Student's 911 Call Falls on Deaf Ears

The Madison, Wis., reporter who broke a bombshell story about an unreturned 911 call from a murdered college student said today that police and county dispatchers intentionally withheld from the public details about the breach of protocol, which could have saved the student's life.

Brittany Zimmermann called 911 from her cell phone before her April 2 murder at an off-campus apartment near the University of Wisconsin, but a busy county dispatcher who heard nothing on the line failed to notify police or return the 21-year-old student's call.

Joe Norwick, director of the Dane County 911 Communications Center, confirmed Zimmermann's 911 call -- and his staff member's lack of follow up -- at a press conference Thursday after a bombshell investigative report appeared in the Isthmus, a weekly Madison newspaper.

Jason Shepard, the reporter who broke the story and a doctoral candidate at the University of Wisconsin, said the 911 call foul-up and the extent of media pressure required to break the story suggest a lack of transparency around the investigation. "It's disconcerting that they hid the 911 call," he said. "The reality is nobody wanted this to come out."

Shepard pointed to an earlier detail about the assailant's forced entry into Zimmermann's apartment, which he said was not revealed until the media brought it to light. "Their justification for withholding stuff is evolving," he said.

Shepard has also reported that Zimmermann was stabbed to death multiple times in the chest and beaten upon her head, details police have not confirmed.

Madison Police Department spokesman Joel DeSpain said that while the 911 call details may have proved accurate, not everything Shepard reported was. "We believe there is some misinformation in the reporting of the Isthmus story," he said, "but I'm not going to parse the story."

No Cell Phone Police Dispatch

Zimmermann's original call, made from her cell phone, was disconnected when the Dane County dispatcher, hearing no response from Zimmermann, decided no emergency was taking place.
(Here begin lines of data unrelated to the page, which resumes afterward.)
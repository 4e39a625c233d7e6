//! The run of a tree in rounds: in each round the spaces that have local events go on side by side, and then each call meets its children
//! whose time has come. The console of the root is written when the run is over, or round by round.
#![tactic(auto)]

mod apart;
mod begun;
mod beside;
mod engine;
mod going;
mod hints;
mod job;
mod job_run;
mod moving;
mod pace;
mod round;
mod running;
mod side_by_side;
mod starting;
mod streaming;

pub use running::rounds;
pub use streaming::rounds_to;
"A dispatcher answered this call, and inquired several times to determine whether an emergency existed on the other end of the phone and received no answer to the inquiries," Norwick said.

The dispatcher moved on to another waiting call, which was also a hang-up, according to Norwick. The dispatcher then called the second number back and confirmed that the call was not an emergency, before moving on to a third 911 call about an unwanted person in a Madison house. The dispatcher, who Norwick defended and who has not been disciplined, never circled back to return Zimmermann's call.

That decision broke dispatch protocol and jeopardized the possibility that police could have arrived more quickly and either prevented Zimmermann's death or captured her killer.

"Under current policy, if dispatchers answer a 911 call and either don't hear a voice on the other end of the call or are unable to determine if there's an emergency, the dispatcher calls that number back," Norwick said, adding, however, that police are only automatically sent if a 911 call comes from a land line, not a cell phone.